Bis zum 25. Mai 2021 seien knapp 1,1 Millionen Impfdosen nach Hamburg geliefert worden. Das seien jedoch 44.500 Dosen weniger, als das Bundesland entsprechend seinem Anteil an der Bevölkerung erhalten sollte. Peter Tschentscher warnt vor einem Ausgleich durch das BMG, da ansonsten im Hamburger Impfzentrum bereits im Juni keine Erstimpfungen mehr erfolgen könnten. Doch überwiegt die Skepsis beim Ersten Bürgermeister Hamburgs.

Geplante Liefermenge von Corona-Impfstoff wird verfehlt – Hausarztpraxen müssen Impfstoff abgeben

„Die vom Bund bis Ende Juni anvisierte Liefermenge von über 90 Millionen Impfdosen wird voraussichtlich deutlich verfehlt“, heißt es von Peter Tschentscher.
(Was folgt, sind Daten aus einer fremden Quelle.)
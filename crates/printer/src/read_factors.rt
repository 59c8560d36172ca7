//! The lines of the factors.
ghost use Rattle.std.specs.Prelude.{◌≡◌, ◌≤◌, ◌<◌, ◌+◌, ℕ, length, map, IfOk, IfErr};
ghost use Rattle.ps_model.specs.Plain.{entry_of};
ghost use Rattle.parts.specs.Rings.{variables_of};
ghost use Rattle.printer.specs.ReadBlock.{variable_names, factor_forms, IsFirstUnlawful};
ghost use Rattle.printer.specs.ReadFactors.{factor_form, StopsIn, HasFactor, HasFactors};

use crate::read_lines::{read_power_lines, strip_head};
use parts::Ring;
use ps_model::{NameView, OutOfMemory, PlainTerm, Root};
use std::alloc::Global;

/// Reads the lines of the factor with this number, and adds its terms to a list. Where one is
/// unlawful it is an error: how many lawful ones are before it.
fn read_factor<'a, N: NameView>(
    names: &N,
    ring: Ring,
    d: u32,
    number: u64,
    root: Root,
    text: &'a [u8],
    terms: &mut Vec<PlainTerm>,
) -> Result<Result<&'a [u8], u32>, OutOfMemory>
    requires named { variables_of ring ≤ length (N.names names.now) }
    requires low { d ≤ 4095 }
    requires short { length text.now ≤ 1048577 }
    ensures read { IfOk result (λ r. IfOk r (λ rest.
        HasFactor ring (variable_names ring (N.names names.now)) d number root text.now
        (map entry_of terms.old.items) (map entry_of terms.new.items) rest.now)) }
    ensures stopped { IfOk result (λ r. IfErr r (λ k.
        StopsIn ring (variable_names ring (N.names names.now)) d (factor_form number root)
        text.now k)) }
    ensures long { IfOk result (λ r. IfOk r (λ rest.
        root.times + 1 + length rest.now < length text.now)) }
    ensures few { IfOk result (λ r. IfErr r (λ k. k ≤ length text.now)) }
{
    let Some(behind) = strip_head(text, number, root) else {
        return Ok(Err(0));
    };
    match read_power_lines(names, ring, d, root.times, behind, terms)? {
        Ok(rest) => Ok(Ok(rest)),
        Err(before) => Ok(Err(before + 1)),
    }
}

/// Reads the lines of all factors, up to the end of the text: the terms of each. Where one is
/// unlawful it is an error: how many lawful ones are before it.
pub fn read_factors<N: NameView>(
    alloc: Global,
    names: &N,
    ring: Ring,
    d: u32,
    roots: &[Root],
    text: &[u8],
) -> Result<Result<Vec<Vec<PlainTerm>>, u32>, OutOfMemory>
    requires named { variables_of ring ≤ length (N.names names.now) }
    requires low { d ≤ 4095 }
    requires short { length text.now ≤ 1048577 }
    ensures read { IfOk result (λ r. IfOk r (λ fs.
        HasFactors ring (variable_names ring (N.names names.now)) d 1 roots.now text.now
        (map (λ f. map entry_of f.items) fs.items))) }
    ensures stopped { IfOk result (λ r. IfErr r (λ k. (i : ℕ) →
        IsFirstUnlawful ring (variable_names ring (N.names names.now)) d (factor_forms 1 roots.now)
        text.now i (i + k))) }
    ensures few { IfOk result (λ r. IfErr r (λ k. k ≤ length text.now)) }
{
    let mut factors = Vec::new(alloc);
    let mut rest = text;
    let mut lines = 0u32;
    for i in 0..roots.len() {
        let root = roots[i];
        let mut terms = Vec::new(alloc);
        match read_factor(names, ring, d, i as u64 + 1, root, rest, &mut terms)? {
            Ok(behind) => rest = behind,
            Err(before) => return Ok(Err(lines + before)),
        }
        factors.push(terms)?;
        lines += root.times + 2;
    }
    if !rest.is_empty() {
        return Ok(Err(lines));
    }
    Ok(Ok(factors))
}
Und: „Geliefert wurden bisher rund 51 Millionen Dosen“. Den größten Kritikpunkt sieht Tschentscher in dem Umstand, dass „neue Bevölkerungsgruppen zur Impfung aufgerufen [werden] und gleichzeitig die Priorisierung aufgehoben wird“. Die Hoffnung auf eine schnelle Impfung würde größer werden, die Enttäuschung aber auch.

„Was zusätzlich für Unmut sorgt ist, dass die Impfung von Kindern und Jugendlichen* schon fest eingeplant ist, obwohl es noch nicht einmal eine Zulassung beziehungsweise Einschätzung der (Europäischen Arzneimittelbehörde) EMA und (Ständigen Impfkommission) Stiko dazu gibt“, wird Jana Husemann von der dpa zitiert. Die Vorsitzende des Hausärzteverbands Hamburg spricht von einer „Verschärfung und Mangelverwaltung“.
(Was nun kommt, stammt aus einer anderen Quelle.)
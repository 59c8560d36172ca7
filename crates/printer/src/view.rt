//! Where the parts of factors and of a lead come from.
ghost use Rattle.std.specs.Prelude.{◌≡◌, ℕ, ◌<◌, ◌≤◌, ◌↔◌, IsTrue, length, slice_get, slice_index_or, Some};
ghost use Rattle.ps_model.specs.declared.job.Root.{Root as RootOf};
ghost use Rattle.parts.specs.Rings.{variables_of as variables_in};
ghost use Rattle.parts.specs.RowsOfParts.{part_in};
ghost use Rattle.printer.specs.View.{BlockValue, IsBlockValue, HasUpTo, Reaches, part_at};

use crate::terms::Variables;
use parts::{Part, Ring};
use ps_model::{NameView, Root};

/// Factors, one for each root, and a lead, as far as they are known, with the names of their
/// variables.
pub trait BlockView: NameView {
    ghost value: { Self → BlockValue };

    /// The ring of the parts.
    fn ring(&self) -> Ring
        ensures { result ≡ (value self.now).ring };

    /// How many factors there are.
    fn factors(&self) -> u32
        ensures { result ≡ length (value self.now).roots };

    /// The greatest degree that is there for every factor and the lead, None where one of these has
    /// no degree yet.
    fn known(&self) -> Option<u32>
        ensures { (d : ℕ) → Reaches result d ↔ HasUpTo (value self.now) d };

    /// The root of the factor at place i, from 0.
    fn root(&self, i: u32) -> Root
        requires { i < length (value self.now).roots }
        ensures { slice_get (value self.now).roots i ≡ Some result };

    /// The part of degree r of the coefficient of `Y^power` in the factor at place i.
    fn part(&self, i: u32, power: u32, r: u32) -> &Part
        requires factor { i < length (value self.now).roots }
        requires power { (root : RootOf) → power ≤ (slice_index_or (value self.now).roots i root).times }
        requires known { HasUpTo (value self.now) r }
        ensures { result.now ≡ part_at (value self.now) i power r };

    /// Whether the lead is written.
    fn has_lead(&self) -> bool
        ensures { result ≡ (value self.now).shows_lead };

    /// The part of degree r of the lead.
    fn lead_part(&self, r: u32) -> &Part
        requires { HasUpTo (value self.now) r }
        ensures { result.now ≡ part_in (value self.now).lead r };

    ghost lawful: { (view : Self) → IsBlockValue (Self.NameView.names view) (value view) };
}

/// The variables of a view.
pub(crate) fn variables_of<V: BlockView>(view: &V) -> Variables<'_, V>
    ensures names { result.names.now ≡ view.now }
    ensures count { result.count ≡ variables_in (V.value view.now).ring }
{
    Variables {
        names: view,
        count: view.ring().n(),
    }
}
Ein Resultat angesparter Impfstoffdosen, die aus dem Impfstoffkontingent der Hausarztpraxen abgezogen werden*. In der Woche ab Montag, 24. Mai 2021, hätte Hamburg laut einem Behördensprecher rund 55.000 Impfdosen erhalten. Bis Ende Juni 2021 würde sich an der wöchentlichen Liefermenge nicht mehr allzu viel ändern. Quo vadis, Hamburg?
Transparenzhinweis: Die Information der Biontech-Nachlieferung von 23.000 Impfdosen wurde diesem Artikel am 27.5.2021 nachträglich hinzugefügt. * 24hamburg.de ist ein Angebot von IPPEN.MEDIA.